- Your task
Each line below should be written out again without any change.

** Opening Entries shown block **

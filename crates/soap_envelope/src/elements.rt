//! The element of a header block, for whoever reads a block of their own standard.

ghost use Rattle.std.specs.Prelude.{◌≡◌, IfOk, OnOk};
ghost use Rattle.soap_envelope.specs.Characters as characters;
ghost use Rattle.soap_envelope.specs.Elements as spec;
ghost use Rattle.soap_envelope.specs.Elements.{around_blocks, block_element};
ghost use Rattle.soap_envelope.specs.Parts as parts;
ghost use Rattle.soap_envelope.specs.Parts.{root_scope};

use crate::children::behind;
use crate::parts::{is_element, kept_children, parts_of};
use crate::scopes::Scopes;
use crate::texts::{has_plain_content, text_of};
use nbfx_values::{Doc, Item, Txt};
use std::alloc::Global;
use std::marker::Model;
use unit_streams::Memory;

/// The element of a header block. Contracts see the document's items, the place of the block's
/// Start, and the declarations within the block.
#[derive(Drop)]
pub struct BlockElement<'d> {
    items: &'d [Item],
    at: usize,
    scopes: Scopes<'d>,
}

impl<'d> Model for BlockElement<'d> {
    ghost use Rattle.std.specs.Prelude.{IsTrue};
    ghost use Rattle.std.specs.List.{list_all};
    ghost use Rattle.nbfx_values.specs.Items.{is_valid_item};
    ghost use Rattle.soap_envelope.specs.Elements.{Element};

    ghost Value = { Element };

    ghost view = { λ e. record { items = e.items.now; at = e.at; scope = e.scopes } };

    ghost invariant = { λ e. IsTrue (list_all is_valid_item e.items.now) };
}

// The declarations around the blocks of an envelope.
fn scopes_around<'d>(alloc: Global, doc: &'d Doc) -> Result<Scopes<'d>, Memory>
    ensures { IfOk result (λ scopes. scopes ≡ around_blocks doc.now) }
{
    let items = doc.items().as_slice();
    let mut scopes = Scopes::new(alloc);
    scopes.enter(behind(items, 0))?;
    if let Ok(parts) = parts_of(alloc, items, &scopes)? {
        if let Some(header) = parts.header {
            scopes.enter(behind(items, header))?;
        }
    }
    Ok(scopes)
}

impl<'d> BlockElement<'d> {
    /// The block that begins at a place of an envelope, as its `Block` has it. It fails without memory
    /// for the declarations around it.
    pub fn of(alloc: Global, doc: &'d Doc, at: usize) -> Result<BlockElement<'d>, Memory>
        ensures { IfOk result (λ element. element ≡ block_element doc.now at) }
    {
        let items = doc.items().as_slice();
        let mut scopes = scopes_around(alloc, doc)?;
        scopes.enter(behind(items, at))?;
        Ok(BlockElement { items, at, scopes })
    }

    /// The places of the block's children in order, without comments and blank texts. It fails without
    /// memory for them.
    pub fn children(&self, alloc: Global) -> Result<Vec<usize>, Memory>
        ensures { IfOk result
            (λ children. children.items ≡ parts.kept_children self.now.items self.now.at) }
    {
        kept_children(alloc, self.items, self.at)
    }

    /// Whether an element of this name is the child that begins at a place. It fails without memory for
    /// the child's declarations.
    pub fn is_named(
        &self,
        alloc: Global,
        uri: &str,
        local: &str,
        child: usize,
    ) -> Result<bool, Memory>
        ensures { IfOk result (λ found. found
            ≡ parts.is_element self.now.items self.now.scope uri.now local.now child) }
    {
        is_element(alloc, self.items, &self.scopes, uri, local, child)
    }

    /// Whether the child that begins at a place has only comments and texts with characters.
    pub fn has_plain_content(&self, child: usize) -> bool
        ensures { result ≡ characters.has_plain_content self.now.items child }
    {
        has_plain_content(self.items, child)
    }

    /// The characters of the child that begins at a place: those of its texts, joined. It fails without
    /// memory for them.
    pub fn text(&self, alloc: Global, child: usize) -> Result<Txt, Memory>
        ensures { IfOk result (λ text. text ≡ characters.text_of self.now.items child) }
    {
        text_of(alloc, self.items, child)
    }

    /// Whether the child that begins at a place has no children but comments and blank texts. It fails
    /// without memory for their places.
    pub fn is_empty(&self, alloc: Global, child: usize) -> Result<bool, Memory>
        ensures { IfOk result (λ empty. empty ≡ spec.is_empty self.now.items child) }
    {
        let children = kept_children(alloc, self.items, child)?;
        Ok(children.is_empty())
    }
}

** Closing Entries shown block **

- Answer space
filename crates/soap_envelope/src/elements.rt
//! The element of a header block, for whoever reads a block of their own standard.

ghost use Rattle.std.specs.Prelude.{◌≡◌, IfOk, OnOk};
ghost use Rattle.soap_envelope.specs.Characters as characters;
ghost use Rattle.soap_envelope.specs.Elements as spec;
ghost use Rattle.soap_envelope.specs.Elements.{around_blocks, block_element};
ghost use Rattle.soap_envelope.specs.Parts as parts;
ghost use Rattle.soap_envelope.specs.Parts.{root_scope};

use crate::children::behind;
use crate::parts::{is_element, kept_children, parts_of};
use crate::scopes::Scopes;
use crate::texts::{has_plain_content, text_of};
use nbfx_values::{Doc, Item, Txt};
use std::alloc::Global;
use std::marker::Model;
use unit_streams::Memory;

/// The element of a header block. Contracts see the document's items, the place of the block's
/// Start, and the declarations within the block.
#[derive(Drop)]
pub struct BlockElement<'d> {
    items: &'d [Item],
    at: usize,
    scopes: Scopes<'d>,
}

impl<'d> Model for BlockElement<'d> {
    ghost use Rattle.std.specs.Prelude.{IsTrue};
    ghost use Rattle.std.specs.List.{list_all};
    ghost use Rattle.nbfx_values.specs.Items.{is_valid_item};
    ghost use Rattle.soap_envelope.specs.Elements.{Element};

    ghost Value = { Element };

    ghost view = { λ e. record { items = e.items.now; at = e.at; scope = e.scopes } };

    ghost invariant = { λ e. IsTrue (list_all is_valid_item e.items.now) };
}

// The declarations around the blocks of an envelope.
fn scopes_around<'d>(alloc: Global, doc: &'d Doc) -> Result<Scopes<'d>, Memory>
    ensures { IfOk result (λ scopes. scopes ≡ around_blocks doc.now) }
{
    let items = doc.items().as_slice();
    let mut scopes = Scopes::new(alloc);
    scopes.enter(behind(items, 0))?;
    if let Ok(parts) = parts_of(alloc, items, &scopes)? {
        if let Some(header) = parts.header {
            scopes.enter(behind(items, header))?;
        }
    }
    Ok(scopes)
}

impl<'d> BlockElement<'d> {
    /// The block that begins at a place of an envelope, as its `Block` has it. It fails without memory
    /// for the declarations around it.
    pub fn of(alloc: Global, doc: &'d Doc, at: usize) -> Result<BlockElement<'d>, Memory>
        ensures { IfOk result (λ element. element ≡ block_element doc.now at) }
    {
        let items = doc.items().as_slice();
        let mut scopes = scopes_around(alloc, doc)?;
        scopes.enter(behind(items, at))?;
        Ok(BlockElement { items, at, scopes })
    }

    /// The places of the block's children in order, without comments and blank texts. It fails without
    /// memory for them.
    pub fn children(&self, alloc: Global) -> Result<Vec<usize>, Memory>
        ensures { IfOk result
            (λ children. children.items ≡ parts.kept_children self.now.items self.now.at) }
    {
        kept_children(alloc, self.items, self.at)
    }

    /// Whether an element of this name is the child that begins at a place. It fails without memory for
    /// the child's declarations.
    pub fn is_named(
        &self,
        alloc: Global,
        uri: &str,
        local: &str,
        child: usize,
    ) -> Result<bool, Memory>
        ensures { IfOk result (λ found. found
            ≡ parts.is_element self.now.items self.now.scope uri.now local.now child) }
    {
        is_element(alloc, self.items, &self.scopes, uri, local, child)
    }

    /// Whether the child that begins at a place has only comments and texts with characters.
    pub fn has_plain_content(&self, child: usize) -> bool
        ensures { result ≡ characters.has_plain_content self.now.items child }
    {
        has_plain_content(self.items, child)
    }

    /// The characters of the child that begins at a place: those of its texts, joined. It fails without
    /// memory for them.
    pub fn text(&self, alloc: Global, child: usize) -> Result<Txt, Memory>
        ensures { IfOk result (λ text. text ≡ characters.text_of self.now.items child) }
    {
        text_of(alloc, self.items, child)
    }

    /// Whether the child that begins at a place has no children but comments and blank texts. It fails
    /// without memory for their places.
    pub fn is_empty(&self, alloc: Global, child: usize) -> Result<bool, Memory>
        ensures { IfOk result (λ empty. empty ≡ spec.is_empty self.now.items child) }
    {
        let children = kept_children(alloc, self.items, child)?;
        Ok(children.is_empty())
    }
}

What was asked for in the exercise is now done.